Ranbaxy Pharmaceuticals had a slew of international acquisitions between 1995 and 2000. The company acquired OHM Laboratories in 1995 for Rs 60.5 crore while it bought US-based Rima Labs and German company Basics Gmbh for Rs 17.5 crore and Rs 31.2 crore respectively.
 
OHM Laboratories manufactures diverse over-the-counter and Rx generic pharmaceuticals. Experts say, till a few years ago, Indian companies were desperate to seek a global foothold and that made them pick up whatever came cheap.
 
Ranbaxy's acquisitions fell into this category while being strategically correct - the acquisitions gave Ranbaxy a global presence while the company's inherent skills helped it turn around the acquired entities over a period of time.
 
Ranbaxy invested in infrastructure (like manufacturing) while its closest competitor, Dr Reddy's invested in research and development. Both strategies have augured well for these companies but the benefits are difficult to quantify, say analysts.
 
ESSEL PROPACK
Propack (Dec 2000)
 
Essel Packaging announced a merger with Swiss company Propack through a stock-cash deal involving a payment of $11 million and an offer of 22 per cent equity to the Swiss company towards its valuation in December 2000.
 
In the process, the merged entity - Essel Propack - became the biggest producer of laminated tubes in the world. The merger gave Essel access to operational units in China, the Philippines, Indonesia, Venezuela and Columbia.
 
The company had aimed to raise its global marketshare to 50 per cent and India and China marketshare to 80 per cent by 2005. The merger is especially significant since the company derives around 50 per cent of its revenues from overseas operations and looks for bigger growth opportunities in the global arena.
 
The company also bagged a five-year contract to manufacture 100 per cent of P&G's requirement for the North American market. Contracts like these have given the company global recognition and a presence in the highly lucrative markets, which would not have been possible without the global scale provided by the acquisition, feel experts.
 
HCL TECHNOLOGIES
Deutsche Software, Jones Apparel,
British Telecom's BPO division
 
HCL Tech had acquired a 51 per cent stake in Deutsche Software for Rs 120 crore in October 2001. The acquisition proved to be a major growth driver, say analysts.
 
Deutsche Software provides software development and maintenance services for the parent.
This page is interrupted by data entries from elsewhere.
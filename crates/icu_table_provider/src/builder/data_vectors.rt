//! Roots and tailorings that own their lists.
ghost use Rattle.std.specs.Prelude.{◌≡◌, ◌↔◌, IsOk, IfOk, IfErr};
ghost use Rattle.icu_table_data.specs.CodePointTables.{IsCodePointTable};
ghost use Rattle.icu_table_data.specs.Contexts.{IsContextTable};

use icu_table_data::{CodePointTable, CollationData, Context, ContextMapping, ContextTable};
use icu_table_entries::DataErrorKind;
use std::alloc::{AllocError, Global};

/// The lists of a root or a tailoring, with nothing known of them: what a reader of a file fills, and what a
/// `DataBuilder` ends in. `OwnedData::new` checks them once and for all.
#[derive(Debug, Drop)]
pub struct DataVectors {
    /// The block of each 64 code points.
    pub blocks: Vec<u16>,
    /// The entries of the blocks, 64 each.
    pub values: Vec<u32>,
    /// The bits of the elements that entries refer to by index.
    pub ces: Vec<u64>,
    /// The entries that other entries refer to by index.
    pub ce32s: Vec<u32>,
    /// The contexts that entries refer to by index.
    pub contexts: Vec<Context>,
    /// The mappings of the contexts.
    pub mappings: Vec<ContextMapping>,
    /// The characters of the mappings.
    pub chars: Vec<char>,
}

/// A root or a tailoring that owns its lists, which have passed the checks of `CollationData::new` or were copied from
/// such a table.
#[derive(Debug, Drop)]
pub struct OwnedData {
    vectors: DataVectors,
    ghost is_table: { IsCodePointTable vectors.blocks.items vectors.values.items },
    ghost is_context_table: { IsContextTable vectors.contexts.items vectors.mappings.items vectors.chars.items },
}

impl DataVectors {
    ghost use Rattle.icu_table_data.specs.StoredData.{data_of};
    ghost use Rattle.icu_table_provider.specs.builder.OwnedData.{vectors_data, MayBeData, FailsVectors};

    /// The table of these lists, or the kind of a condition that they fail: those of `CodePointTable::new`,
    /// `ContextTable::new` and `CollationData::new`, in this order.
    #[tactic(auto, unfolding(icu_table_data::specs::StoredData::data_of, crate::specs::builder::OwnedData::vectors_data))]
    pub fn as_data(&self) -> Result<CollationData<'_>, DataErrorKind>
        ensures accepts { IsOk result ↔ MayBeData self.now }
        ensures kind { IfErr result (FailsVectors self.now) }
        ensures says { IfOk result (λ d. data_of d ≡ vectors_data self.now) }
    {
        let trie = CodePointTable::new(self.blocks.as_slice(), self.values.as_slice())?;
        let contexts = ContextTable::new(
            self.contexts.as_slice(),
            self.mappings.as_slice(),
            self.chars.as_slice(),
        )?;
        CollationData::new(trie, self.ces.as_slice(), self.ce32s.as_slice(), contexts)
    }

    #[tactic(auto, unfolding(crate::specs::builder::OwnedData::vectors_data))]
    fn copy(alloc: Global, source: CollationData<'_>) -> Result<DataVectors, AllocError>
        ensures says { IfOk result (λ v. vectors_data v ≡ data_of source.entry) }
        ensures table { IfOk result (λ v. IsCodePointTable v.blocks.items v.values.items) }
        ensures contexts { IfOk result (λ v.
            IsContextTable v.contexts.items v.mappings.items v.chars.items) }
    {
        let (trie, ces, ce32s, contexts) = source.parts();
        let (blocks, values) = trie.parts();
        let (contexts, mappings, chars) = contexts.parts();
        Ok(DataVectors {
            blocks: Vec::from_slice(alloc, blocks)?,
            values: Vec::from_slice(alloc, values)?,
            ces: Vec::from_slice(alloc, ces)?,
            ce32s: Vec::from_slice(alloc, ce32s)?,
            contexts: Vec::from_slice(alloc, contexts)?,
            mappings: Vec::from_slice(alloc, mappings)?,
            chars: Vec::from_slice(alloc, chars)?,
        })
    }
}

impl OwnedData {
    ghost use Rattle.icu_table_data.specs.StoredData.{data_of};
    ghost use Rattle.icu_table_provider.specs.builder.OwnedData.{vectors_data, owned_data, MayBeData, FailsVectors};

    /// Takes the lists, or refuses them with the kind of a condition that they fail, as `DataVectors::as_data` does.
    #[tactic(auto, unfolding(crate::specs::builder::OwnedData::owned_data))]
    pub fn new(vectors: DataVectors) -> Result<OwnedData, DataErrorKind>
        ensures accepts { IsOk result ↔ MayBeData vectors }
        ensures kind { IfErr result (FailsVectors vectors) }
        ensures keeps { IfOk result (λ o. owned_data o ≡ vectors_data vectors) }
    {
        match vectors.as_data() {
            Ok(_) => Ok(OwnedData { vectors }),
            Err(kind) => Err(kind),
        }
    }

    /// Copies a root or a tailoring.
    #[tactic(auto, unfolding(crate::specs::builder::OwnedData::owned_data))]
    pub fn copy(alloc: Global, source: CollationData<'_>) -> Result<OwnedData, AllocError>
        ensures { IfOk result (λ o. owned_data o ≡ data_of source.entry) }
    {
        Ok(OwnedData {
            vectors: DataVectors::copy(alloc, source)?,
        })
    }

    /// The root or the tailoring, without a check.
    #[tactic(auto, unfolding(icu_table_data::specs::StoredData::data_of, crate::specs::builder::OwnedData::owned_data, crate::specs::builder::OwnedData::vectors_data))]
    pub fn as_data(&self) -> CollationData<'_>
        ensures { data_of result ≡ owned_data self.now }
    {
        let vectors = &self.vectors;
        CollationData::from_unverified_parts(
            CodePointTable::from_parts(vectors.blocks.as_slice(), vectors.values.as_slice()),
            vectors.ces.as_slice(),
            vectors.ce32s.as_slice(),
            ContextTable::from_parts(
                vectors.contexts.as_slice(),
                vectors.mappings.as_slice(),
                vectors.chars.as_slice(),
            ),
        )
    }
}
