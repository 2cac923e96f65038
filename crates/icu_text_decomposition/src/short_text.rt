//! Texts in canonical decomposition, which stand in arrays: no call allocates (UAX #15).
pub mod array_text;
mod char_room;
mod class_order;
mod order_place;

pub use array_text::ArrayText;
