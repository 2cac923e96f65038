//! A root or a tailoring as it is put together.
ghost use Rattle.std.specs.Prelude.{◌≡◌, ℕ, ◌<◌, ◌≤◌, ◌++◌, ◌∷◌, [], length, slice_index_or, map, IfOk, OnOk, OnErr};
ghost use Rattle.icu_table_entries.specs.Elements.{element_of};
ghost use Rattle.icu_table_data.specs.CodePointTables.{IsCodePointTable};
ghost use Rattle.icu_table_data.specs.Contexts.{HasRangesInside};
ghost use Rattle.icu_table_provider.specs.builder.AddedContexts.{given_context};
ghost use Rattle.icu_table_provider.specs.builder.Blocks.{HasDistinctBlocks};

use crate::builder::added_context::add_context;
use crate::builder::blocks::{Blocks, blocks_of};
use crate::builder::data_vectors::DataVectors;
use icu_table_data::code_point_table::CODE_POINT_COUNT;
use icu_table_data::{Context, ContextMapping};
use icu_table_entries::{CollationElement, CollationElement32};
use std::alloc::{AllocError, Global};

/// Builds a root or a tailoring. It begins with one entry for all characters. Entries of others are given one by one or
/// by ranges, in any order; the last one counts. Lists and contexts that entries refer to are given too. It takes four
/// bytes a code point while it builds. `build` stores blocks of 64 equal entries once.
#[derive(Debug, Drop)]
pub struct DataBuilder {
    alloc: Global,
    others: CollationElement32,
    characters: Vec<u32>,
    ces: Vec<u64>,
    ce32s: Vec<u32>,
    contexts: Vec<Context>,
    mappings: Vec<ContextMapping>,
    chars: Vec<char>,
    ghost whole: { length characters.items ≡ 0x110000 },
    ghost inside: { HasRangesInside contexts.items mappings.items chars.items },
}

/// Appends the bits of elements. An `Err` leaves all as it was.
fn push_elements(ces: &mut Vec<u64>, elements: &[CollationElement]) -> Result<(), AllocError>
    ensures adds { OnOk result (map element_of ces.new.items
        ≡ map element_of ces.old.items ++ elements.now) }
    ensures err { OnErr result (ces.new.items ≡ ces.old.items) }
{
    let count = ces.len();
    for element in elements {
        if let Err(refused) = ces.push(element.bits()) {
            ces.truncate(count);
            return Err(refused.into());
        }
    }
    Ok(())
}

/// Appends the bits of entries. An `Err` leaves all as it was.
fn push_entries(ce32s: &mut Vec<u32>, entries: &[CollationElement32]) -> Result<(), AllocError>
    ensures adds { OnOk result (ce32s.new.items ≡ ce32s.old.items ++ entries.now) }
    ensures err { OnErr result (ce32s.new.items ≡ ce32s.old.items) }
{
    let count = ce32s.len();
    for entry in entries {
        if let Err(refused) = ce32s.push(entry.bits()) {
            ce32s.truncate(count);
            return Err(refused.into());
        }
    }
    Ok(())
}

/// So many entries, all the same.
fn filled(alloc: Global, entry: CollationElement32, count: usize) -> Result<Vec<u32>, AllocError>
    ensures len { IfOk result (λ v. length v.items ≡ count) }
    ensures entries { IfOk result (λ v. (k : ℕ) → slice_index_or v.items k entry ≡ entry) }
{
    let mut entries = Vec::new(alloc);
    entries.resize(count, entry.bits())?;
    Ok(entries)
}

/// Sets the entries from one index to another, both included.
fn fill(entries: &mut Vec<u32>, first: usize, last: usize, entry: CollationElement32)
    requires order { first ≤ last }
    requires inside { last < length entries.old.items }
    ensures len { length entries.new.items ≡ length entries.old.items }
    ensures set { (k d : ℕ) → first ≤ k → k ≤ last → slice_index_or entries.new.items k d ≡ entry }
    ensures below { (k d : ℕ) → k < first
        → slice_index_or entries.new.items k d ≡ slice_index_or entries.old.items k d }
    ensures above { (k d : ℕ) → last < k
        → slice_index_or entries.new.items k d ≡ slice_index_or entries.old.items k d }
{
    for index in first..last + 1 {
        entries[index] = entry.bits();
    }
}

impl DataBuilder {
    ghost use Rattle.icu_table_provider.specs.builder.OwnedData.{vectors_data};
    ghost use Rattle.icu_table_provider.specs.builder.Building.{empty_data, built_data, set_in, and_elements, and_entries, and_context, SaysOfCharacters};

    /// A root or a tailoring in which all characters have one entry, without lists and contexts.
    #[tactic(auto, unfolding(crate::specs::builder::Building::built_data))]
    pub fn new(alloc: Global, others: CollationElement32) -> Result<DataBuilder, AllocError>
        ensures { IfOk result (λ b. built_data b ≡ empty_data others) }
    {
        Ok(DataBuilder {
            alloc,
            others,
            characters: filled(alloc, others, CODE_POINT_COUNT)?,
            ces: Vec::new(alloc),
            ce32s: Vec::new(alloc),
            contexts: Vec::new(alloc),
            mappings: Vec::new(alloc),
            chars: Vec::new(alloc),
        })
    }

    /// Gives a character another entry, and no other character.
    #[tactic(auto, unfolding(crate::specs::builder::Building::built_data))]
    pub fn set_entry(&mut self, c: char, entry: CollationElement32)
        ensures { built_data self.new ≡ set_in (built_data self.old) c c entry }
    {
        self.set_entries(c, c, entry);
    }

    /// Gives the characters from `first` to `last`, both included, another entry, and no other character. There are
    /// none if `last` is below `first`.
    #[tactic(auto, unfolding(crate::specs::builder::Building::built_data))]
    pub fn set_entries(&mut self, first: char, last: char, entry: CollationElement32)
        ensures { built_data self.new ≡ set_in (built_data self.old) first last entry }
    {
        if first <= last {
            fill(&mut self.characters, first as usize, last as usize, entry);
        }
    }

    /// Adds elements, and returns the index of the first. An `Err` leaves all as it was.
    #[tactic(auto, unfolding(crate::specs::builder::Building::built_data))]
    pub fn add_elements(&mut self, elements: &[CollationElement]) -> Result<usize, AllocError>
        ensures index { IfOk result (λ i. i ≡ length (built_data self.old).elements) }
        ensures adds { OnOk result (built_data self.new
            ≡ and_elements (built_data self.old) elements.now) }
        ensures err { OnErr result (built_data self.new ≡ built_data self.old) }
    {
        let index = self.ces.len();
        push_elements(&mut self.ces, elements)?;
        Ok(index)
    }

    /// Adds entries to those that entries refer to, and returns the index of the first. An `Err` leaves all as it was.
    #[tactic(auto, unfolding(crate::specs::builder::Building::built_data))]
    pub fn add_entries(&mut self, entries: &[CollationElement32]) -> Result<usize, AllocError>
        ensures index { IfOk result (λ i. i ≡ length (built_data self.old).entries) }
        ensures adds { OnOk result (built_data self.new
            ≡ and_entries (built_data self.old) entries.now) }
        ensures err { OnErr result (built_data self.new ≡ built_data self.old) }
    {
        let index = self.ce32s.len();
        push_entries(&mut self.ce32s, entries)?;
        Ok(index)
    }

    /// Adds a context, and returns its index: an entry for all texts but those of its mappings, and the mappings, each
    /// a list of characters and its entry. Mappings stand as they are given; that they ascend is for `OwnedData::new`
    /// to see. An `Err`, out of memory or since there are 2^32 mappings or characters, leaves all as it was.
    #[tactic(auto, unfolding(crate::specs::builder::Building::built_data))]
    pub fn add_context(
        &mut self,
        default: CollationElement32,
        mappings: &[(&[char], CollationElement32)],
    ) -> Result<usize, AllocError>
        ensures index { IfOk result (λ i. i ≡ length (built_data self.old).contexts) }
        ensures adds { OnOk result (built_data self.new
            ≡ and_context (built_data self.old) (given_context default mappings.entry.now)) }
        ensures err { OnErr result (built_data self.new ≡ built_data self.old) }
    {
        let index = self.contexts.len();
        add_context(
            &mut self.contexts,
            &mut self.mappings,
            &mut self.chars,
            default,
            mappings,
        )?;
        Ok(index)
    }

    /// The root or the tailoring, with each different block of 64 entries once. `OwnedData::new` refuses it only for
    /// what was put in: mappings that don't ascend, or an entry that fails a condition.
    #[tactic(auto, unfolding(crate::specs::builder::Building::built_data, crate::specs::builder::OwnedData::vectors_data))]
    pub fn build(self) -> Result<DataVectors, AllocError>
        ensures says { IfOk result (λ v. SaysOfCharacters (built_data self) (vectors_data v)) }
        ensures table { IfOk result (λ v. IsCodePointTable v.blocks.items v.values.items) }
        ensures ranges { IfOk result (λ v.
            HasRangesInside v.contexts.items v.mappings.items v.chars.items) }
        ensures distinct { IfOk result (λ v. HasDistinctBlocks v.values.items) }
    {
        let DataBuilder {
            alloc,
            others: _,
            characters,
            ces,
            ce32s,
            contexts,
            mappings,
            chars,
        } = self;
        let Blocks { blocks, values } = blocks_of(alloc, characters.as_slice())?;
        Ok(DataVectors {
            blocks,
            values,
            ces,
            ce32s,
            contexts,
            mappings,
            chars,
        })
    }
}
It was expected to create businesses worth $100 million a year till 2004, at which time HCLT would acquire the remaining 49 per cent in the joint venture.
 
However, this was among the three good acquisitions (out of its 10 acquisitions) the company had undertaken in the last few years, the rest of them being duds, say analysts. One of the duds has been a US-based IT services company.
 
"HCL Tech had gone berserk with acquisitions," says Duvurri. Analysts say the company's acquisitions other than Deutsche Software, Jones Apparel and British Telecom's BPO failed due to the absence of synergy with the acquired companies.
 
However, Duvurri says HCL Tech is still among India's top five IT companies and that the company's experience with acquisitions would help it to be more prudent with buy-outs going forward.